Visual Studio command-line environment initialized for: 'x64'
: advisor -- latest
: compiler -- latest
: dal -- latest
: debugger -- latest
: dev-utilities -- latest
: dnnl -- latest
: dpcpp-ct -- latest
: dpl -- latest
: ipp -- latest
: ippcp -- latest
: mkl -- latest
: ocloc -- latest
: pti -- latest
: tbb -- latest
: umf -- latest
: vtune -- latest
:: oneAPI environment initialized ::
If I directly run C:\Program Files (x86)\Intel\oneAPI\setvars.bat
in cmd, it will complain it can’t find VS environment.
Clone faiss
I made some modifications to upstream code, until those are patched upstream you can clone my branch:
git clone https://github.com/myuanz/faiss.git
cd faiss
From here, all commands are run in Faiss code directory.
Configure
# If you need Python extension, run
cmake . -B build -DFAISS_ENABLE_PYTHON=ON -G "Ninja" -DBUILD_TESTING=OFF -DCMAKE_BUILD_TYPE=Release -DFAISS_ENABLE_GPU=ON
# If you don’t need Python extension, run
cmake . -B build -DFAISS_ENABLE_PYTHON=OFF -G "Ninja" -DBUILD_TESTING=OFF -DCMAKE_BUILD_TYPE=Release -DFAISS_ENABLE_GPU=ON
If SWIG is not found, you need to run this in PowerShell:
' -DSWIG_EXECUTABLE=' + (Get-Item (where.exe swig | Select-Object -First 1) -Force).Target
One possible output is:
-DSWIG_EXECUTABLE=C:\Users\pc\AppData\Local\Microsoft\WinGet\Packages\SWIG.SWIG_Microsoft.Winget.Source_8wekyb3d8bbwe\swigwin-4.3.1\swig.exe
Paste this string to the end of the cmake command above.
Build C++ part
cmake --build build -j
cmake --install build --prefix install
I also uploaded this exported install
to releases
Build Python part
cd build/faiss/python
python setup.py install
Modify loader.py
I’m not sure why, but I needed to modify loader.py:
- from .swigfaiss import *
+ from swigfaiss import *
to import successfully.
Check correctness
I provided an extra try_import_faiss_python.py
in the repo.

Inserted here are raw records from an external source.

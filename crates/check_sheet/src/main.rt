// Checks a load list against a job. Arguments: the files of the two and, where the sheet is drawn more than once, the number of
// rounds. It prints `accepted`, elapsed, waits, loads and the longest single wait, and then a line for each draw of all rounds, with
// its symbol, its tick and its slot; or `refused`, the number and the detail, and a line in words.
#![tactic(auto)]

use report::{InWords, JOB_ROOM, LIST_ROOM, Refused};
use std::io;
use std::io::Write;
use std::rt::Env;

// Each of these answers whether all of it was written; the first write that fails is the last that is tried.
fn print_draws<W: Write>(
    out: &mut W,
    job: &[u8],
    rounds: u32,
    ticks: &[u32],
    slots: &[u8],
) -> io::Result<()> {
    let Ok(shape) = sheet::read_call(job, rounds) else {
        return Ok(());
    };
    for (draw, (tick, slot)) in (0..shape.draws).zip(ticks.iter().zip(slots)) {
        let symbol = sheet::draw_symbol(job, shape, draw);
        writeln!(out, "{draw} {symbol} {tick} {slot}")?;
    }
    Ok(())
}

fn print_check<W: Write>(out: &mut W, job: &[u8], list: &[u8], rounds: u32) -> io::Result<()> {
    let mut ticks = [0u32; 4096];
    let mut slots = [0u8; 4096];
    let answer = checker::check(job, list, rounds, &mut ticks, &mut slots);
    if let Some(refused) = Refused::of(answer.number, answer.detail) {
        return writeln!(out, "{refused}\n{}", InWords(refused));
    }
    writeln!(
        out,
        "accepted {} {} {} {}",
        answer.elapsed, answer.waits, answer.loads, answer.longest
    )?;
    print_draws(out, job, rounds, &ticks, &slots)
}

// The number of rounds, where the arguments are two files and nothing or that number.
fn rounds_asked<E: Env>(rt: &E) -> Option<u32> {
    if !report::has_argument(rt, 2) || report::has_argument(rt, 4) {
        return None;
    }
    report::rounds_argument(rt, 3)
}

fn main(rt: HostRuntime) {
    let mut err = rt.stderr();
    let Some(rounds) = rounds_asked(&rt) else {
        let _ = writeln!(err, "write: check_sheet JOB LIST [ROUNDS]");
        return;
    };
    let mut job_room = [0u8; JOB_ROOM];
    let mut list_room = [0u8; LIST_ROOM];
    let Some((job, list)) = report::read_sheet(&rt, &mut err, &mut job_room, &mut list_room) else {
        return;
    };
    if let Err(error) = print_check(&mut rt.stdout(), job, list, rounds) {
        report::say_failure(rt.alloc(), &mut err, b"cannot write the answer", &error);
    }
}
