//! A source in memory whose calls fail where planned.

ghost use Rattle.std.specs.Prelude.{◌≡◌, ◌<◌, Some, length};
ghost use Rattle.ov_base.specs.Outside.{GotFits, ReadTakes, GotCause};
ghost use Rattle.ov_base.specs.InMemory.{got_of, source_after};

use crate::failures::Failures;
use crate::list::{ListOf, Octets};
use crate::source::{Got, Source};
use crate::steady_source::SteadySource;
use std::marker::Model;

/// Gives its bytes in pieces, and fails at the calls whose numbers it was made with.
#[derive(Debug, Drop)]
pub struct MemorySource {
    steady: SteadySource,
    failures: Failures,
}

impl Model for MemorySource {
    ghost use Rattle.ov_base.specs.InMemory.{SourceState};

    ghost Value = { SourceState };

    ghost view = { λ s. record { steady = s.steady; failures = s.failures } };
}

impl MemorySource {
    /// A source that gives `bytes`, at most `piece` of them a call, and fails at each call whose
    /// number is in `failing`. The first call has the number 0. `piece` is at least 1.
    pub fn new(bytes: Octets, piece: usize, failing: ListOf<u64>) -> MemorySource
        requires { 0 < piece }
        ensures left { result.steady ≡ record { left = bytes; piece = piece } }
        ensures failures { result.failures ≡ record { planned = failing; calls = 0; faults = 0 } }
    {
        MemorySource {
            steady: SteadySource::new(bytes, piece),
            failures: Failures::new(failing),
        }
    }

    /// What it will still give.
    pub fn left(&self) -> &[u8]
        ensures { result.now ≡ self.now.steady.left }
    {
        self.steady.left()
    }
}

impl Source for MemorySource {
    ghost use Rattle.std.specs.Prelude.{Some};

    ghost left = { λ s. Some s.steady.left };

    ghost faults = { λ s. s.failures.faults };

    fn read(&mut self, buf: &mut [u8]) -> Got
        requires { 0 < length buf.old }
        ensures fits { GotFits result buf.new }
        ensures bytes { ReadTakes (Some self.old.steady.left) (Some self.new.steady.left) result
            buf.new }
        ensures cause { GotCause self.old.failures.faults self.new.failures.faults result }
        ensures answer { result ≡ got_of self.old (length buf.old) }
        ensures after { self.new ≡ source_after self.old result }
    {
        if self.failures.count_call() {
            return Got::Failed;
        }
        self.steady.read(buf)
    }
}
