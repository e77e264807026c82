//! A source over a reader of std, as standard input or a file.

ghost use Rattle.std.specs.Prelude.{◌≡◌, ◌<◌, length};
ghost use Rattle.ov_base.specs.Outside.{GotFits, ReadTakes, GotCause, faults_after_read, got_of_read};

use crate::source::{Got, Source};
use std::io;
use std::io::Read;
use std::marker::Model;

/// Reads from `R` and counts its errors. It tells what is left where the reader does.
#[derive(Drop)]
pub struct ReadSource<R: Read> {
    reader: R,
    faults: u64,
}

impl<R: Read> Model for ReadSource<R> {
    ghost use Rattle.ov_base.specs.Outside.{Adapter};

    ghost Value = { Adapter };

    ghost view = { λ s. record { bytes = R.remaining s.reader; faults = s.faults } };
}

impl<R: Read> ReadSource<R> {
    /// A source over `reader`, with no fault so far.
    pub fn new(reader: R) -> ReadSource<R>
        ensures { result ≡ record { bytes = R.remaining reader; faults = 0 } }
    {
        ReadSource { reader, faults: 0 }
    }
}

impl<R: Read> Source for ReadSource<R> {
    ghost left = { λ s. s.bytes };

    ghost faults = { λ s. s.faults };

    /// A reader that gives 0 bytes is at its end. Each error of the reader is a fault, an
    /// interruption too.
    fn read(&mut self, buf: &mut [u8]) -> Got
        requires { 0 < length buf.old }
        ensures fits { GotFits result buf.new }
        ensures bytes { ReadTakes self.old.bytes self.new.bytes result buf.new }
        ensures cause { GotCause self.old.faults self.new.faults result }
        ensures count { self.new.faults ≡ faults_after_read self.old.faults result }
    {
        match got_of(self.reader.read(buf)) {
            Got::Failed => {
                self.faults = self.faults.saturating_add(1);
                Got::Failed
            }
            got => got,
        }
    }
}

/// What a reader's answer says: one of no byte is the end, and each error is a failed read.
fn got_of(answer: io::Result<usize>) -> Got
    ensures { result ≡ got_of_read answer }
{
    match answer {
        Ok(0) => Got::End,
        Ok(count) => Got::Bytes(count),
        Err(_) => Got::Failed,
    }
}
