//! A sink over a writer of std, as standard output or a file.

ghost use Rattle.std.specs.Prelude.{◌≡◌, ◌<◌, length};
ghost use Rattle.ov_base.specs.Outside.{TookFits, WriteAdds, TookCause, faults_after_write, took_of_write};

use crate::sink::{Sink, Took};
use std::io;
use std::io::Write;
use std::marker::Model;

/// Writes to `W` and counts its errors. It tells what is written where the writer does. It never
/// flushes: give it a writer that holds nothing back.
#[derive(Drop)]
pub struct WriteSink<W: Write> {
    writer: W,
    faults: u64,
}

impl<W: Write> Model for WriteSink<W> {
    ghost use Rattle.ov_base.specs.Outside.{Adapter};

    ghost Value = { Adapter };

    ghost view = { λ s. record { bytes = W.contents s.writer; faults = s.faults } };
}

impl<W: Write> WriteSink<W> {
    /// A sink over `writer`, with no fault so far.
    pub fn new(writer: W) -> WriteSink<W>
        ensures { result ≡ record { bytes = W.contents writer; faults = 0 } }
    {
        WriteSink { writer, faults: 0 }
    }
}

impl<W: Write> Sink for WriteSink<W> {
    ghost written = { λ s. s.bytes };

    ghost faults = { λ s. s.faults };

    /// Each error of the writer is a fault, an interruption too, and so is a write that takes
    /// nothing.
    fn write(&mut self, piece: &[u8]) -> Took
        requires { 0 < length piece.now }
        ensures fits { TookFits result piece.now }
        ensures bytes { WriteAdds self.old.bytes self.new.bytes result piece.now }
        ensures cause { TookCause self.old.faults self.new.faults result }
        ensures count { self.new.faults ≡ faults_after_write self.old.faults result }
    {
        match took_of(self.writer.write(piece)) {
            Took::Failed => {
                self.faults = self.faults.saturating_add(1);
                Took::Failed
            }
            took => took,
        }
    }
}

/// What a writer's answer says: one that takes nothing is a failed write, and so is each error.
fn took_of(answer: io::Result<usize>) -> Took
    ensures { result ≡ took_of_write answer }
{
    match answer {
        Ok(0) => Took::Failed,
        Ok(count) => Took::Bytes(count),
        Err(_) => Took::Failed,
    }
}
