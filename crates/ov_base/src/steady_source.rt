//! A source in memory that never fails.

ghost use Rattle.std.specs.Prelude.{◌≡◌, ◌<◌, ◌≤◌, Some, length};
ghost use Rattle.ov_base.specs.Outside.{GotFits, ReadTakes, GotCause};
ghost use Rattle.ov_base.specs.InMemory.{gives, after_read};

use crate::front::copy_front;
use crate::list::Octets;
use crate::source::{Got, Source};
use std::marker::Model;

/// Gives its bytes in pieces, and never fails: its count of faults is 0.
#[derive(Debug, Drop)]
pub struct SteadySource {
    bytes: Octets,
    at: usize,
    piece: usize,
}

impl Model for SteadySource {
    ghost use Rattle.std.specs.Prelude.{◌<◌, ◌≤◌, drop, length};
    ghost use Rattle.ov_base.specs.InMemory.{SteadyState};

    ghost Value = { SteadyState };

    ghost view = { λ s. record { left = drop s.at s.bytes; piece = s.piece } };

    ghost invariant = { λ s. (0 < s.piece) × (s.at ≤ length s.bytes) };
}

impl SteadySource {
    /// A source that gives `bytes`, at most `piece` of them a call. `piece` is at least 1.
    pub fn new(bytes: Octets, piece: usize) -> SteadySource
        requires { 0 < piece }
        ensures { result ≡ record { left = bytes; piece = piece } }
    {
        SteadySource {
            bytes,
            at: 0,
            piece,
        }
    }

    /// What it will still give.
    pub fn left(&self) -> &[u8]
        ensures { result.now ≡ self.now.left }
    {
        &self.bytes.as_slice()[self.at..]
    }
}

impl Source for SteadySource {
    ghost use Rattle.std.specs.Prelude.{Some};

    ghost left = { λ s. Some s.left };

    ghost faults = { λ _. 0 };

    fn read(&mut self, buf: &mut [u8]) -> Got
        requires { 0 < length buf.old }
        ensures fits { GotFits result buf.new }
        ensures bytes { ReadTakes (Some self.old.left) (Some self.new.left) result buf.new }
        ensures cause { GotCause 0 0 result }
        ensures answer { result ≡ gives self.old (length buf.old) }
        ensures after { self.new ≡ after_read self.old result }
    {
        let count = copy_front(&self.bytes.as_slice()[self.at..], self.piece, buf);
        if count == 0 {
            return Got::End;
        }
        self.at += count;
        Got::Bytes(count)
    }
}
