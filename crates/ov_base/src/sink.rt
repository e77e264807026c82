//! Where bytes go to: the one call by which a program writes, and what it may answer.

ghost use Rattle.std.specs.Prelude.{ℕ, List, ◌<◌, length};
ghost use Rattle.std.specs.declared.option.Option.{Option};
ghost use Rattle.ov_base.specs.Outside.{TookFits, WriteAdds, TookCause};

/// What one write took.
#[derive(Clone, Copy, Debug, PartialEq, Eq)]
pub enum Took {
    /// So many bytes, at least one, from the front of the piece.
    Bytes(usize),
    /// The write failed, nothing was taken, and the sink's count of faults rose.
    Failed,
}

/// A stream of bytes to write, as a file, a pipe or a list in memory.
///
/// `written` is what the sink has taken so far, where it is told: a sink in memory tells it, one
/// over the system doesn't. `faults` counts its failed writes and nothing else: it rises where a write
/// fails, stops at the greatest `u64`, and stands where a write didn't fail.
pub trait Sink {
    ghost written: { Self → Option (List ℕ) };

    ghost faults: { Self → ℕ };

    /// Writes from the front of `piece`, which isn't empty, and may take less than all of it.
    fn write(&mut self, piece: &[u8]) -> Took
        requires { 0 < length piece.now }
        ensures fits { TookFits result piece.now }
        ensures bytes { WriteAdds (written self.old) (written self.new) result piece.now }
        ensures cause { TookCause (faults self.old) (faults self.new) result };
}
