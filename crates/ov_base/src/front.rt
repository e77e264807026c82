//! The front of a list of bytes.

ghost use Rattle.std.specs.Prelude.{◌≡◌, ◌≤◌, length, min, take};

/// Copies the front of `bytes` into `buf`: at most `piece` bytes, and no more than there is room
/// for. Answers how many.
pub(crate) fn copy_front(bytes: &[u8], piece: usize, buf: &mut [u8]) -> usize
    ensures count { result ≡ min piece (min (length buf.old) (length bytes.now)) }
    ensures within { result ≤ length bytes.now }
    ensures room { result ≤ length buf.new }
    ensures copied { take result buf.new ≡ take result bytes.now }
{
    let count = piece.min(buf.len().min(bytes.len()));
    buf[..count].copy_from_slice(&bytes[..count]);
    count
}
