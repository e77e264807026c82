//! Writing a whole text to a sink.

ghost use Rattle.std.specs.Prelude.{◌≡◌, ◌≤◌, OnOk, OnErr};
ghost use Rattle.std.specs.Io.KnownBytes.{Appends};
ghost use Rattle.ov_base.specs.Outside.{Rose};
ghost use Rattle.ov_base.specs.Loops.{AppendsPart};

use crate::sink::{Sink, Took};
use thiserror::Error;

/// A write failed: the sink has taken a part of the text, from its front, and not all of it.
#[derive(Clone, Copy, Debug, PartialEq, Eq, Error)]
#[error("a write failed")]
pub struct WriteFault;

/// Writes all of `text` to `sink`, in as many calls as the sink takes. The first failed write ends
/// the writing, and nothing else does: the count of faults stands where all was written.
pub fn write_all<K: Sink>(sink: &mut K, text: &[u8]) -> Result<(), WriteFault>
    ensures whole { OnOk result (Appends (K.written sink.old) (K.written sink.new) text.now) }
    ensures part { OnErr result (AppendsPart (K.written sink.old) (K.written sink.new) text.now) }
    ensures later { K.faults sink.old ≤ K.faults sink.new }
    ensures kept { OnOk result (K.faults sink.new ≡ K.faults sink.old) }
    ensures failed { OnErr result (Rose (K.faults sink.old) (K.faults sink.new)) }
{
    let mut at = 0;
    while at < text.len() {
        match sink.write(&text[at..]) {
            Took::Bytes(count) => at += count,
            Took::Failed => return Err(WriteFault),
        }
    }
    Ok(())
}
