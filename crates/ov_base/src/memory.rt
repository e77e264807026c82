//! Want of memory, the one refusal that no contract ties to a cause.

use std::alloc::{AllocError, AllocFailed};
use thiserror::Error;

/// A growth was refused. The value that was to grow is as it was before the call.
#[derive(Clone, Copy, Debug, PartialEq, Eq, Error)]
#[error("want of memory")]
pub struct Memory;

impl From<AllocError> for Memory {
    fn from(_refused: AllocError) -> Memory {
        Memory
    }
}

impl<T: Drop> From<AllocFailed<T>> for Memory {
    fn from(_refused: AllocFailed<T>) -> Memory {
        Memory
    }
}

After installing faiss-python and modifying loader, running this file will show some GPU info and performance comparisons. Since runtime also needs some dlls, the file adds several paths at the top:
import os, sys, ctypes
for p in (
r'./build/faiss/python',
r'C:\Program Files\NVIDIA GPU Computing Toolkit\CUDA\v12.9\bin',
r'C:\Program Files (x86)\Intel\oneAPI\compiler\2025.2\bin',
r'C:\Program Files (x86)\Intel\oneAPI\mkl\2025.2\bin'
):
p = os.path.abspath(p)
os.add_dll_directory(p)
sys.path.append(p)
#
# The below code is generated by LLM:
# GPU self-check
ngpu = faiss.get_num_gpus()
print(f"[INFO] Num GPUs detected by FAISS: {ngpu}")
if ngpu == 0:
raise RuntimeError("Can't find GPU")
# %%
# Parameters (adjust as needed; Flat complexity ~ nb*nq*d)
d = 64
nb = 200_000
nq = 40_000 # Increase batch size to avoid launch/scheduling overhead dominating
k = 10
seed = 123
rs = np.random.RandomState(seed)
xb = rs.randn(nb, d).astype('float32')
xq = rs.randn(nq, d).astype('float32')
xb = rs.randn(nb, d).astype('float32')
# Make the vectors have a "small structure" for sanity check
xb[:100, :] += 3
xq = (rs.randn(nq, d)).astype('float32')
xq[:5, :] += 3
# ---- CPU baseline ----
cpu = faiss.IndexFlatL2(d)
t0 = time.perf_counter()
cpu.add(xb)
t1 = time.perf_counter()
Dcpu, Icpu = cpu.search(xq, k)
t2 = time.perf_counter()
print(f"[CPU] add {1e3*(t1-t0):.1f} ms search {1e3*(t2-t1):.1f} ms")
... # truncated
Running the code will first show CPU at full load, then GPU at full load. This code only proves it works, not elegant. Maybe in the future I’ll figure out how to publish a whl.